Part Two - The Spring Has Sprung
I have excellent news! We’re back to misunderstanding documentation! And, thankfully, it was just the text and not the method. Both the springs and the lists of damaged groups are 5 times longer than we thought. No big deal!
// enum class Condition(val rep: Char) { ... }
data class ConditionRecord(
val springs: List<Condition>, val damagedGroups: List<Int>
) {
// companion object { ... }
// fun countAllPossibleConditions(): Long { ... }
fun unfold(): ConditionRecord {
val conditions =
listOf(springs + Condition.UNKNOWN).repeating().asSequence()

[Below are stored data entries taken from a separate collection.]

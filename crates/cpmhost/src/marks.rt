//! What the files were that a command has read before it writes into folders: one of them is replaced only where it still is what was read.

use crate::held::Mark;
use crate::place::{FileIdentity, place_by_folder};
use cpm_commands::{FilePlan, FileRole};
use std::alloc::{AllocError, Global};
use std::io;
use std::io::ErrorKind;
use std::rt::Files;

/// A file that is read: where it lies, and what it was before.
#[derive(Drop)]
struct MarkedFile {
    place: FileIdentity,
    mark: Mark,
}

/// The files that a command reads.
#[derive(Drop)]
pub struct ReadMarks(Vec<MarkedFile>);

/// What was found, if that is known. It fails only where memory is refused: what can't be looked at is refused where it is read or written.
fn known<T: Drop>(looked: io::Result<T>) -> io::Result<Option<T>> {
    match looked {
        Ok(found) => Ok(Some(found)),
        Err(error) if error.kind() == ErrorKind::OutOfMemory => Err(error),
        Err(_) => Ok(None),
    }
}

impl ReadMarks {
    /// None.
    pub fn none(alloc: Global) -> ReadMarks {
        ReadMarks(Vec::new(alloc))
    }

    /// Those of a plan, where it writes into folders. Else there are none, since what is read and written is held then.
    pub fn of(rt: &(impl Files + AllocGlobal), plan: &FilePlan<'_>) -> io::Result<ReadMarks> {
        let mut marks = ReadMarks::none(rt.alloc());
        if plan
            .outputs
            .iter()
            .any(|file| file.role == FileRole::Folder)
        {
            for file in &plan.inputs {
                marks.add(rt, file.name)?;
            }
        }
        Ok(marks)
    }

    /// One more file that is read.
    fn add(&mut self, rt: &(impl Files + AllocGlobal), name: &str) -> io::Result<()> {
        let place = known(place_by_folder(rt, name))?;
        let mark = known(Mark::at(rt, name))?;
        if let (Some(Some(place)), Some(mark)) = (place, mark) {
            self.0.push(MarkedFile { place, mark })?;
        }
        Ok(())
    }

    /// Those of others too.
    pub fn add_all(&mut self, others: ReadMarks) -> Result<(), AllocError> {
        for file in others.0 {
            self.0.push(file)?;
        }
        Ok(())
    }

    /// What the file of a name was before it was read, if it was.
    pub fn mark_of(&self, rt: &(impl Files + AllocGlobal), name: &str) -> io::Result<Option<Mark>> {
        let Some(Some(place)) = known(place_by_folder(rt, name))? else {
            return Ok(None);
        };
        match self.0.iter().find(|file| file.place == place) {
            Some(file) => Ok(Some(file.mark)),
            None => Ok(None),
        }
    }
}
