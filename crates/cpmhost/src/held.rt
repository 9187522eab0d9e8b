//! Files that are read and then replaced. A command holds such a file from its reading to its replacement, so that of two commands that change one file
//! each has what the other one did; and it replaces the file only where that still is what it was when it was read.

use crate::files::{found_of_input, unwritable};
use crate::output::{is_open_already, target_of};
use crate::patient::StandardError;
use crate::refused::CommandRefusal;
use cpm_commands::{FilePlan, FileRole, PlannedFile};
use cpm_host::{HostError, ShownWord, shown};
use std::alloc::{AllocError, Global};
use std::fs::{File, Metadata, OpenOptions, TryLockError};
use std::io::ErrorKind;
use std::os::unix::fs::MetadataExt;
use std::path::{Path, PathBuf};
use std::rt::{Clock, Files};
use std::time::Duration;
use std::{fs, io, thread};

/// How often a file that another command holds is asked for again, and after how many milliseconds each time: 10 seconds in all.
const MOST_LOCK_PAUSES: u32 = 1000;

const LOCK_PAUSE: u64 = 10;

/// What holding files asks of the system: files that can be locked, a clock to wait by, standard output and error, and memory.
pub trait LockableFiles: Files<File = File>
    + Clock
    + Print
    + StandardError
    + AllocGlobal
    + Clone
    + Drop {}

impl LockableFiles for HostRuntime {}

/// What a file was when it was read: which file, how long, and when it was changed last.
#[derive(Clone, Copy, Debug, PartialEq, Eq, Drop)]
pub struct Mark {
    device: u64,
    node: u64,
    length: u64,
    seconds: i64,
    nanoseconds: i64,
}

impl Mark {
    /// That of a file of which the machine tells this.
    fn of(found: &Metadata) -> Mark {
        Mark {
            device: found.dev(),
            node: found.ino(),
            length: found.len(),
            seconds: found.ctime(),
            nanoseconds: found.ctime_nsec(),
        }
    }

    /// That of the file of a name, its links followed.
    pub fn at(rt: &(impl Files + AllocGlobal), name: &str) -> io::Result<Mark> {
        let target = target_of(rt, name)?;
        Ok(Mark::of(&fs::metadata(rt, target.as_path())?))
    }

    /// Fails where the file of a path is no longer what it was.
    pub fn check(&self, rt: &impl Files, path: Path<'_>) -> io::Result<()> {
        match fs::metadata(rt, path) {
            Ok(found) if Mark::of(&found) == *self => Ok(()),
            Err(error) if error.kind() != ErrorKind::NotFound => Err(error),
            _ => Err(io::Error::new(
                ErrorKind::Other,
                "it changed while this command ran; nothing was written to it",
            )),
        }
    }
}

/// A file that is held.
#[derive(Drop)]
struct HeldFile {
    /// The name by which it is written.
    name: String,
    mark: Mark,
    /// The file, open, which has the lock.
    lock: File,
}

/// The files that a command holds. They are let go when this is dropped.
#[derive(Drop)]
pub struct HeldFiles {
    all: Vec<HeldFile>,
}

impl HeldFiles {
    /// None.
    pub fn none(alloc: Global) -> HeldFiles {
        HeldFiles {
            all: Vec::new(alloc),
        }
    }

    /// Those that others hold too.
    pub fn add(&mut self, others: HeldFiles) -> Result<(), AllocError> {
        for held in others.all {
            self.all.push(held)?;
        }
        Ok(())
    }

    /// What the file of a name was when it was read, if it is held.
    pub fn mark_of(&self, name: &str) -> Option<Mark> {
        let found = self.all.iter().find(|held| held.name.as_str() == name)?;
        Some(found.mark)
    }
}

/// A file that is read and written, by its numbers, and by its place among the names that are written.
#[derive(Clone, Copy, Debug, PartialEq, Eq, PartialOrd, Ord, Drop)]
struct RewrittenFile {
    device: u64,
    node: u64,
    place: usize,
}

/// The outcome of an attempt to hold files.
#[derive(Drop)]
enum Attempt {
    Held(Vec<HeldFile>),
    /// Another command holds the file of this name.
    Busy(ShownWord),
}

/// Holds those of the files that are written that are also read, and waits for them where others hold them, if that is asked. It holds all or none of them, so
/// that no two commands wait for each other.
fn hold(
    rt: &impl LockableFiles,
    reads: &[&str],
    outs: &[&str],
    waits: bool,
) -> Result<HeldFiles, CommandRefusal> {
    let pauses = if waits { MOST_LOCK_PAUSES } else { 0 };
    let mut attempt = try_hold(rt, reads, outs)?;
    for _pause in 0..pauses {
        if let Attempt::Held(_) = &attempt {
            break;
        }
        thread::sleep(rt, Duration::from_millis(LOCK_PAUSE));
        attempt = try_hold(rt, reads, outs)?;
    }
    match attempt {
        Attempt::Held(all) => Ok(HeldFiles { all }),
        Attempt::Busy(name) => Err(CommandRefusal::from(HostError::FileUnwritable {
            name,
            reason: held_elsewhere(),
        })),
    }
}

/// The reason where another command holds a file.
pub fn held_elsewhere() -> io::Error {
    io::Error::new(
        ErrorKind::ResourceBusy,
        "it is held by another command; try again when that has ended",
    )
}

/// Holds the images and the saved machines that a plan reads and writes. Others that hold one are waited for, if that is asked.
pub fn hold_images(
    rt: &impl LockableFiles,
    plan: &FilePlan<'_>,
    waits: bool,
) -> Result<HeldFiles, CommandRefusal> {
    let reads = images_of(rt.alloc(), &plan.inputs)?;
    let outs = images_of(rt.alloc(), &plan.outputs)?;
    hold(rt, &reads, &outs, waits)
}

/// The names of those of the files that are images or saved machines.
fn images_of<'a>(alloc: Global, files: &[PlannedFile<'a>]) -> Result<Vec<&'a str>, AllocError> {
    let mut names = Vec::new(alloc);
    for file in files {
        if matches!(file.role, FileRole::Image | FileRole::Saving) {
            names.push(file.name)?;
        }
    }
    Ok(names)
}

/// Holds all of the files that are read and written, or none where another command holds one of them.
fn try_hold(
    rt: &impl LockableFiles,
    reads: &[&str],
    outs: &[&str],
) -> Result<Attempt, CommandRefusal> {
    let mut all = Vec::new(rt.alloc());
    for both in &both_of(rt, reads, outs)? {
        let Some(name) = outs.get(both.place) else {
            continue;
        };
        match held_at(rt, name)? {
            FileAttempt::Held(held) => all.push(held)?,
            FileAttempt::Busy => return Ok(Attempt::Busy(shown(name))),
            FileAttempt::Unopened => {}
        }
    }
    Ok(Attempt::Held(all))
}

/// The files that are read and written, in the order of their numbers, and each once. It fails where one can't be looked at.
fn both_of(
    rt: &(impl Files + AllocGlobal),
    reads: &[&str],
    outs: &[&str],
) -> Result<Vec<RewrittenFile>, CommandRefusal> {
    let inputs = spots_of(rt, reads)?;
    let mut all: Vec<RewrittenFile> = Vec::new(rt.alloc());
    for (place, name) in outs.iter().enumerate() {
        let spot = spot_of(rt, name).map_err(|reason| unwritable(name, reason))?;
        if let Some(spot) = spot
            && inputs.iter().any(|input| input.is_one_with(&spot))
        {
            let Spot { device, node, .. } = spot;
            all.push(RewrittenFile {
                device,
                node,
                place,
            })?;
        }
    }
    all.sort_unstable();
    all.dedup_by_key(|both| (both.device, both.node));
    Ok(all)
}

/// Where the files lie that are read.
fn spots_of(rt: &(impl Files + AllocGlobal), names: &[&str]) -> Result<Vec<Spot>, CommandRefusal> {
    let mut spots: Vec<Spot> = Vec::new(rt.alloc());
    for name in names {
        if let Some(spot) = found_of_input(rt, name, spot_of(rt, name))? {
            spots.push(spot)?;
        }
    }
    Ok(spots)
}

/// Where a file lies that is replaced where it is written: its path without links, and the numbers of what is there now.
#[derive(Drop)]
struct Spot {
    path: PathBuf,
    device: u64,
    node: u64,
}

impl Spot {
    /// Whether two are of one file. Its numbers may have changed between two looks at its path, since a command replaced it; and two paths may be of one
    /// file, by a link.
    fn is_one_with(&self, other: &Spot) -> bool {
        self.path.as_path().as_str() == other.path.as_path().as_str()
            || (self.device == other.device && self.node == other.node)
    }
}

/// Where the file of a name lies. None of what is no file of its own, and where there is none. It fails where it can't be looked at.
fn spot_of(rt: &(impl Files + AllocGlobal), name: &str) -> io::Result<Option<Spot>> {
    match spot_at(rt, name) {
        Err(error) if error.kind() == ErrorKind::NotFound => Ok(None),
        found => found,
    }
}

/// Where the file of a name lies, and none where it is no file of its own. It fails where there is none, and where it can't be looked at.
fn spot_at(rt: &(impl Files + AllocGlobal), name: &str) -> io::Result<Option<Spot>> {
    let target = target_of(rt, name)?;
    if is_open_already(target.as_path().as_str()) {
        return Ok(None);
    }
    // (where a folder above can't be searched, the path is as it was given)
    let path = match fs::canonicalize(rt, target.as_path()) {
        Ok(path) => path,
        Err(error) if error.kind() == ErrorKind::OutOfMemory => return Err(error),
        Err(_) => target,
    };
    let found = fs::metadata(rt, path.as_path())?;
    if !found.is_file() {
        return Ok(None);
    }
    let (device, node) = (found.dev(), found.ino());
    Ok(Some(Spot { path, device, node }))
}

/// The outcome of an attempt to hold one file.
#[derive(Drop)]
enum FileAttempt {
    Held(HeldFile),
    /// Another command holds it, or has just replaced it.
    Busy,
    /// It can't be opened, which is refused where it is read.
    Unopened,
}

/// The outcome of an attempt to hold the file of a name.
fn held_at(rt: &impl LockableFiles, name: &str) -> Result<FileAttempt, AllocError> {
    match locked(rt, name) {
        Ok(Some((mark, lock))) => Ok(FileAttempt::Held(HeldFile {
            name: String::from_str(rt.alloc(), name)?,
            mark,
            lock,
        })),
        Ok(None) => Ok(FileAttempt::Busy),
        Err(error) if error.kind() == ErrorKind::NotFound => Ok(FileAttempt::Busy),
        Err(error) if error.kind() == ErrorKind::OutOfMemory => Err(AllocError),
        Err(_) => Ok(FileAttempt::Unopened),
    }
}

/// The file of a name, locked where the system can lock it, and what it is. None where another command has the lock, or where the name is of another file by
/// now, since a command has replaced this one.
fn locked(rt: &impl LockableFiles, name: &str) -> io::Result<Option<(Mark, File)>> {
    let target = target_of(rt, name)?;
    let file = opened(rt, target.as_path())?;
    locked_at(rt, file, target.as_path())
}

/// The same, of a file that was opened by this path.
pub fn locked_at(
    rt: &impl LockableFiles,
    file: File,
    path: Path<'_>,
) -> io::Result<Option<(Mark, File)>> {
    if is_locked_elsewhere(&file) {
        return Ok(None);
    }
    let mark = Mark::of(&file.metadata()?);
    let there = fs::metadata(rt, path)?;
    if there.dev() == mark.device && there.ino() == mark.node {
        Ok(Some((mark, file)))
    } else {
        Ok(None)
    }
}

/// Whether another command has the lock of a file; else this one has it from now on, where the system can lock it. A signal that comes meanwhile is no answer.
fn is_locked_elsewhere(file: &File) -> bool {
    for _attempt in 0..MOST_LOCK_PAUSES {
        match file.try_lock() {
            Err(TryLockError::WouldBlock) => return true,
            Err(TryLockError::Error(error)) if error.kind() == ErrorKind::Interrupted => {}
            _ => return false,
        }
    }
    true
}

/// The file of a path, opened for writing too where that may be: some file systems lock no other.
fn opened(rt: &impl LockableFiles, path: Path<'_>) -> io::Result<File> {
    match OpenOptions::new().read(true).write(true).open(rt, path) {
        Ok(file) => Ok(file),
        Err(_) => fs::open(rt, path),
    }
}
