//! How fast a machine is that is played, and the time by which that is told.

ghost use Rattle.std.specs.Prelude.{◌<◌};

use std::rt::Clock;
use std::thread;
use std::time::Duration;

/// How many milliseconds a turn of a machine with a pace has at most.
const TURN: u64 = 10;

/// How many microseconds it sleeps at most at a time.
const MOST_SLEEP: u64 = 20_000;

/// How many microseconds a machine may make up for that it had no time.
const MOST_CREDIT: u64 = 100_000;

/// How long a turn of a machine takes at most where keys are looked for between turns, how long one that is to be shorter takes then, and how short one is
/// behind which others are longer, in microseconds.
const LONG_TURN: u64 = 4_000;

const GOOD_TURN: u64 = 3_000;

const SHORT_TURN: u64 = 2_000;

/// How many steps such a turn has at most.
const MOST_STEPS: u64 = 100_000;

/// The time of a clock that doesn't go back, in microseconds.
pub fn micros(clock: &impl Clock) -> u64 {
    match clock.monotonic() {
        Ok(time) => u64::try_from(time.as_micros()).unwrap_or(u64::MAX),
        Err(_) => 0,
    }
}

/// Sleeps for so many microseconds, and says what the time is then.
pub fn sleep(clock: &impl Clock, time: u64) -> u64 {
    thread::sleep(clock, Duration::from_micros(time));
    micros(clock)
}

/// The pace of a machine, or none: so many thousand steps in a second, and so many in a millisecond.
#[derive(Clone, Copy, Debug, Drop)]
pub struct Tempo {
    steps: Option<u64>,
    /// From which time and count on it is reckoned.
    from: Option<(u64, u64)>,
}

impl Tempo {
    /// A pace that begins when the machine does.
    pub fn new(steps: Option<u64>) -> Tempo {
        Tempo { steps, from: None }
    }

    /// Whether there is one.
    pub fn is_kept(&self) -> bool {
        self.steps.is_some()
    }

    /// How many steps a turn has at most.
    pub fn most_steps(&self) -> u64
        ensures { 0 < result }
    {
        match self.steps {
            Some(steps) => steps.saturating_mul(TURN).max(1),
            None => u64::MAX,
        }
    }

    /// Sleeps until a machine that has executed so many steps is not ahead of its pace. Without a pace not even the clock is asked.
    pub fn hold(&mut self, clock: &impl Clock, count: u64) {
        if !self.is_kept() {
            return;
        }
        let now = micros(clock);
        let ahead = self.ahead(now, count);
        if ahead > 0 {
            let _ = sleep(clock, ahead);
        }
    }

    /// Sleeps a little where a machine that has executed so many steps by now is ahead of its pace, and says what the time is then.
    pub fn keep(&mut self, clock: &impl Clock, now: u64, count: u64) -> u64 {
        match self.ahead(now, count) {
            0 => now,
            ahead => sleep(clock, ahead.min(MOST_SLEEP)),
        }
    }

    /// How many microseconds a machine is ahead that has executed so many steps by now.
    fn ahead(&mut self, now: u64, count: u64) -> u64 {
        let Some(steps) = self.steps else {
            return 0;
        };
        let (from, first) = self.from.unwrap_or((now, count));
        let due = u128::from(count.saturating_sub(first)) * 1000 / u128::from(steps.max(1));
        let due = u64::try_from(due).unwrap_or(u64::MAX);
        let passed = now.saturating_sub(from);
        let credit = passed.saturating_sub(due);
        let lost = credit.saturating_sub(MOST_CREDIT);
        self.from = Some((from.saturating_add(lost), first));
        due.saturating_sub(passed)
    }

    /// Leaves out a time in which the machine waited.
    pub fn leave_out(&mut self, time: u64) {
        if let Some((from, first)) = self.from {
            self.from = Some((from.saturating_add(time), first));
        }
    }
}

/// How many steps a turn of a machine has, so that keys are looked for every few milliseconds of the clock, whatever its steps take.
#[derive(Clone, Copy, Debug, Drop)]
pub struct TurnLength {
    steps: u64,
    /// When the last turn began, and at which count.
    began: u64,
    count: u64,
}

impl TurnLength {
    /// That of the first turn.
    pub fn new() -> TurnLength {
        TurnLength {
            steps: MOST_STEPS,
            began: 0,
            count: 0,
        }
    }

    /// How many steps a turn has at most.
    pub fn most_steps(&self) -> u64
        ensures { 0 < result }
    {
        self.steps.max(1)
    }

    /// Sees that a machine has executed so many steps by now. Behind a turn that took long others are shorter, and behind a whole one that took little longer.
    pub fn see(&mut self, now: u64, count: u64) {
        let executed = count.saturating_sub(self.count);
        let took = now.saturating_sub(self.began);
        if took > LONG_TURN {
            self.steps = executed.saturating_mul(GOOD_TURN) / took.max(1);
        } else if took < SHORT_TURN && executed >= self.steps {
            self.steps = self.steps.saturating_mul(2).clamp(1, MOST_STEPS);
        }
        self.count = count;
    }

    /// Sees that the next turn begins now.
    pub fn begin(&mut self, now: u64) {
        self.began = now;
    }
}
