//! The code of a refusal.
ghost use Rattle.std.specs.Prelude.{◌≡◌, Some};
ghost use Rattle.cpm_refusals.specs.Codes.{code_text, status_of_code};

use std::fmt;

/// What is at fault where something is refused. It is shown as `HO` and the exit status.
#[derive(Clone, Copy, Drop)]
pub enum RefusalCode {
    /// The words of the command line.
    Usage,
    /// The configuration.
    Configuration,
    /// A key script.
    Script,
    /// A file or a stream that can't be read.
    Unreadable,
    /// A file or a stream that can't be written.
    Unwritable,
    /// The image of a disk, or what was asked of it.
    Image,
    /// The source of a program.
    Source,
    /// Memory was refused.
    OutOfMemory,
    /// A machine that can't be made.
    Machine,
    /// A program that its limit of steps has cut off, so that its disks are not written.
    CutOff,
}

impl RefusalCode {
    /// The exit status that a program gives for it.
    pub fn status(self) -> u8
        ensures { result ≡ status_of_code self }
    {
        match self {
            RefusalCode::Usage => 1,
            RefusalCode::Configuration => 2,
            RefusalCode::Script => 3,
            RefusalCode::Unreadable => 4,
            RefusalCode::Unwritable => 5,
            RefusalCode::Image => 6,
            RefusalCode::Source => 7,
            RefusalCode::OutOfMemory => 8,
            RefusalCode::Machine => 9,
            RefusalCode::CutOff => 10,
        }
    }
}

impl fmt::Display for RefusalCode {
    ghost output = { λ code. Some (code_text code) };

    fn fmt<W: fmt::Write>(&self, f: &mut fmt::Formatter<W>) -> fmt::Result {
        let status = self.status();
        write!(f, "HO{status}")
    }
}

.take(5).flatMap { it }.toMutableList().dropLast(1)
val damagedGroups =
listOf(damagedGroups).repeating().asSequence().take(5)
.flatMap { it }.toList()
return ConditionRecord(conditions, damagedGroups)
}
}
class Day12(input: List<String>) {
// private val parsed = ...
// fun solvePart1(): Long = ...
fun solvePart2(): Long =
parsed.sumOf { it.unfold().countAllPossibleConditions() }
}
Nah, I don’t have much to say about this one. Used up all my words today.
Wrap Up
Dynamic programming is hard! And, for me at least, it’s harder to explain than it is to do. Today was certainly good practice in both regards, though. I don’t think I used any new Kotlin-specific goodies, which is probably a good thing.